Single-step vs. EM depends on KL reliability: In image translation, the GAN discriminator is a robust proxy for KL, so single-step CycleGAN outperforms EM-based CycleGN. In tracking, aligning with nearest detection boxes is unreliable, causing \(D_{sim}\) to be estimated poorly; thus, EM-based CycleTrack-EM performs better.

Highlights & Insights¶

Promoting engineering tricks to theory: Cycle-consistency has long been a "patched together" loss. This paper connects it to the standard machinery of variational inference by simply stating "intermediate point = latent variable."
Two optimizers from one framework: Single-step (VAE-style joint) and EM (coordinate ascent-style alternating) are not arbitrary; they branch naturally from the same ELBO based on whether the KL can be explicitly approximated.
The "Theoretical ID" of CycleGAN: Table 1 maps the four losses of CycleGAN to Eq. 12, proving that the adversarial loss is just one implementation of \(D_{sim}\). This mapping can be reused to provide theoretical grounding for other cyclic methods.

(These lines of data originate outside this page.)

//! The parts of a version that is built row by row: one for each component of its map.

ghost use Rattle.std.specs.Prelude.{◌≡◌, ℕ, ◌*◌, ◌<◌, ◌≤◌, ◌↔◌, [], map, length, sum_by, All, Some, None};
ghost use Rattle.std.specs.Prelude.{IfOk, IfSome, IfNone, OnOk, OnErr, IsTrue};
ghost use Rattle.std.specs.Arc.{arc_value};
ghost use Rattle.std.specs.Option.{option_map};
ghost use Rattle.moves.specs.Maps.{IsSearchable};
ghost use Rattle.row_store.specs.Comps.{IsComp};
ghost use Rattle.build_pool.specs.Places.{AreComponent, CanBeBuilt};
ghost use Rattle.build_pool.specs.Pieces.{AreSome, AreWordsOver};
ghost use Rattle.version_build.specs.Plans.{CanAllBeBuilt};
ghost use Rattle.version_build.specs.Builders.{AreBegun, PushesRow, comp_of, part_at, part_from, rows_left};

use crate::bases::{Base, Bases};
use build_pool::PlainSearch;
use cell_order::{OrderKind, order_of};
use components::Labels;
use moves::{Cell, Grid, MAX_PASSABLE};
use row_store::{CompData, RowPool};
use std::alloc::{AllocError, Global};
use std::marker::Model;
use std::sync::Arc;

/// One component: the former version's, or its cells in their order and the rows that are built so far.
#[derive(Drop)]
pub(crate) struct Part {
    /// The former version's component, where it is kept.
    kept: Option<Arc<CompData>>,
    /// The cells in their order; none where the component is kept.
    cells: Vec<Cell>,
    /// The rows of the first of these cells.
    rows: RowPool,
    /// Rows of the cells that are known before they are built. Those that are not known are blank.
    known: Option<RowPool>,
}

impl Model for Part {
    ghost use Rattle.std.specs.Prelude.{IfSome};
    ghost use Rattle.std.specs.Arc.{arc_value};
    ghost use Rattle.std.specs.Option.{option_map};
    ghost use Rattle.build_pool.specs.Pieces.{AreSome};
    ghost use Rattle.version_build.specs.Builders.{Parted};

    ghost Value = { Parted };

    ghost view = { λ p. record { kept = option_map arc_value p.kept; cells = p.cells.items; rows = p.rows } };

    ghost invariant = { λ p. IfSome p.known (AreSome p.cells.items) };
}

impl Part {
    /// The component before any of its rows is built, which came of a former one.
    fn of(
        alloc: Global,
        kind: OrderKind,
        cells: &[Cell],
        kept: Option<Arc<CompData>>,
        base: Base,
    ) -> Result<Part, AllocError>
        requires { CanBeBuilt cells.now }
        ensures { IfOk result (λ part. part ≡ part_from kind cells.now (option_map arc_value kept)) }
    {
        match kept {
            Some(comp) => Ok(Part::kept(alloc, comp)),
            None => Part::open(alloc, kind, cells, base),
        }
    }

    /// A component that is kept.
    fn kept(alloc: Global, comp: Arc<CompData>) -> Part
        ensures { result ≡ record { kept = Some (arc_value comp); cells = []; rows = [] } }
    {
        Part {
            kept: Some(comp),
            cells: Vec::new(alloc),
            rows: RowPool::new(alloc),
            known: None,
        }
    }

    /// A component whose rows are to be built.
    fn open(alloc: Global, kind: OrderKind, cells: &[Cell], base: Base) -> Result<Part, AllocError>
        requires { CanBeBuilt cells.now }
        ensures { IfOk result (λ part. part ≡ part_from kind cells.now None) }
    {
        let order = order_of(alloc, kind, cells)?;
        let known = base.rows(alloc, &order)?;
        Ok(Part {
            kept: None,
            cells: order,
            rows: RowPool::new(alloc),
            known,
        })
    }

    /// Whether all rows are built.
    pub(crate) fn is_done(&self) -> bool
        ensures { IsTrue result ↔ (rows_left self.now ≡ 0) }
    {
        self.rows.len() >= self.cells.len()
    }

    /// Takes over the row of the next cell where it is known, and else builds it.
    pub(crate) fn push_row(
        &mut self,
        grid: &Grid,
        plain: &mut PlainSearch,
    ) -> Result<(), AllocError>
        requires component { AreComponent grid.now self.old.cells }
        requires searchable { IsSearchable grid.now }
        requires few { length self.old.cells ≤ MAX_PASSABLE }
        requires left { length self.old.rows < length self.old.cells }
        requires room { grid.now.width * grid.now.height ≤ plain.old.room }
        ensures ok { OnOk result (PushesRow grid.now self.old self.new) }
        ensures refused { OnErr result (self.new ≡ self.old) }
        ensures room { plain.new.room ≡ plain.old.room }
    {
        let place = self.rows.len();
        if let Some(words) = known_words(&self.known, &self.cells, place) {
            self.rows.push_words(words)?;
            self.shrink_if_done();
            return Ok(());
        }
        plain.find(grid, &self.cells, place)?;
        self.rows.push_sets(plain.sets())?;
        self.shrink_if_done();
        Ok(())
    }

    /// Gives back memory that is not needed once all rows are built.
    fn shrink_if_done(&mut self)
        ensures { self.new ≡ self.old }
    {
        if self.rows.len() == self.cells.len() {
            self.rows.shrink();
            self.known = None;
        }
    }

    /// The component with its rows, all of which are built.
    fn into_comp(self, alloc: Global, kind: OrderKind) -> Result<Arc<CompData>, AllocError>
        requires { IfNone self.kept (IsComp (comp_of kind self)) }
        ensures { IfOk result (λ comp. arc_value comp ≡ comp_of kind self) }
    {
        let Part {
            kept,
            cells,
            rows,
            ..
        } = self;
        match kept {
            Some(comp) => Ok(comp),
            None => {
                let comp = CompData::of_pool(alloc, kind, cells, rows)?;
                Ok(Arc::new(alloc, comp)?)
            }
        }
    }
}

/// The components of a map before any row is built.
pub(crate) fn parts_of(
    alloc: Global,
    kind: OrderKind,
    labels: &Labels,
    comps: Vec<Option<Arc<CompData>>>,
    bases: &Bases,
) -> Result<Vec<Part>, AllocError>
    requires long { length comps.items ≡ length labels.now }
    requires cells { CanAllBeBuilt labels.now }
    ensures { IfOk result (λ parts.
        AreBegun kind labels.now (map (option_map arc_value) comps.items) parts.items) }
{
    let mut parts = Vec::with_capacity(alloc, labels.count() as usize)?;
    for kept in comps {
        let label = parts.len();
        let cells = labels.cells(label as u32);
        parts.push(Part::of(alloc, kind, cells, kept, bases.base(label))?)?;
    }
    Ok(parts)
}

/// The components with their rows, all of which are built.
pub(crate) fn comps_of(
    alloc: Global,
    kind: OrderKind,
    parts: Vec<Part>,
) -> Result<Vec<Arc<CompData>>, AllocError>
    requires { All (λ part. IfNone part.kept (IsComp (comp_of kind part))) parts.items }
    ensures { IfOk result (λ comps. map arc_value comps.items ≡ map (comp_of kind) parts.items) }
{
    let mut comps = Vec::with_capacity(alloc, parts.len())?;
    for part in parts {
        comps.push(part.into_comp(alloc, kind)?)?;
    }
    Ok(comps)
}

/// The number of the first component, from a number on, that has a row that is not built.
pub(crate) fn first_open(parts: &[Part], from: usize) -> usize
    requires done { (label : ℕ) → label < from → rows_left (part_at parts.now label) ≡ 0 }
    requires left { 0 < sum_by rows_left parts.now }
    ensures below { result < length parts.now }
    ensures left { 0 < rows_left (part_at parts.now result) }
    ensures done { (label : ℕ) → label < result → rows_left (part_at parts.now label) ≡ 0 }
{
    for label in from..parts.len() {
        if !parts[label].is_done() {
            return label;
        }
    }
    parts.len()
}

/// The words of the row of the cell at a place, where it is known.
fn known_words<'a>(known: &'a Option<RowPool>, cells: &[Cell], place: usize) -> Option<&'a [u32]>
    requires { IfSome known.now (AreSome cells.now) }
    ensures { IfSome result (λ words. AreWordsOver cells.now place words.now) }
{
    // The cells are here for the contract alone.
    let _ = cells;
    let Some(rows) = known else {
        return None;
    };
    if place >= rows.len() {
        return None;
    }
    let words = rows.row(place);
    if words.is_empty() { None } else { Some(words) }
}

Limitations & Future Work¶

Insufficiency of cycle-consistency: The authors admit that without additional constraints, the learned mapping only satisfies the cycle and might not be the target mapping (e.g., poor quality intermediate images in photo↔map).
Risk of local optima in EM: \(g_\theta\) might learn to satisfy multiple modes simultaneously, leading to "mismatched pairs" like \(X\!\leftrightarrow\!A\) and \(B\!\leftrightarrow\!Y\).
Strong assumption of deterministic mappings: The derivation of the single-step loss depends on \(q_\phi(y|x)\) collapsing to a Dirac distribution, which may not hold for many-to-many mappings.

vs. CycleGAN: CycleGAN is proven to be a special case (Adv Loss = \(D_{sim}\)). The authors show that "adversarial" training is not a requirement for cyclic translation but rather a robust implementation of \(D_{sim}\).
vs. VAE: Both lead to "reconstruction + KL alignment" objectives. The difference is that while VAE latent variables are free, the variable \(y\) here is an observation with its own structure and prior \(p(y)\).
vs. Pseudo-label-based Unsupervised Tracking: Methods like USOT/ULAST require a base tracker for initial trajectories; CycleTrack implements the cyclic paradigm across whole images without needing pseudo-trajectories.

Rating¶

Novelty: ⭐⭐⭐⭐⭐ The first unified variational framework for both pairwise and self-cyclic tasks.
Experimental Thoroughness: ⭐⭐⭐⭐ Validated across image translation and unsupervised tracking, though restricted to 1-2 datasets per task.
Writing Quality: ⭐⭐⭐⭐ Clear derivation and convincing mapping tables, though notation can be dense.
Value: ⭐⭐⭐⭐⭐ Provides a transferable theoretical template and optimizer selection criteria for cyclic learning.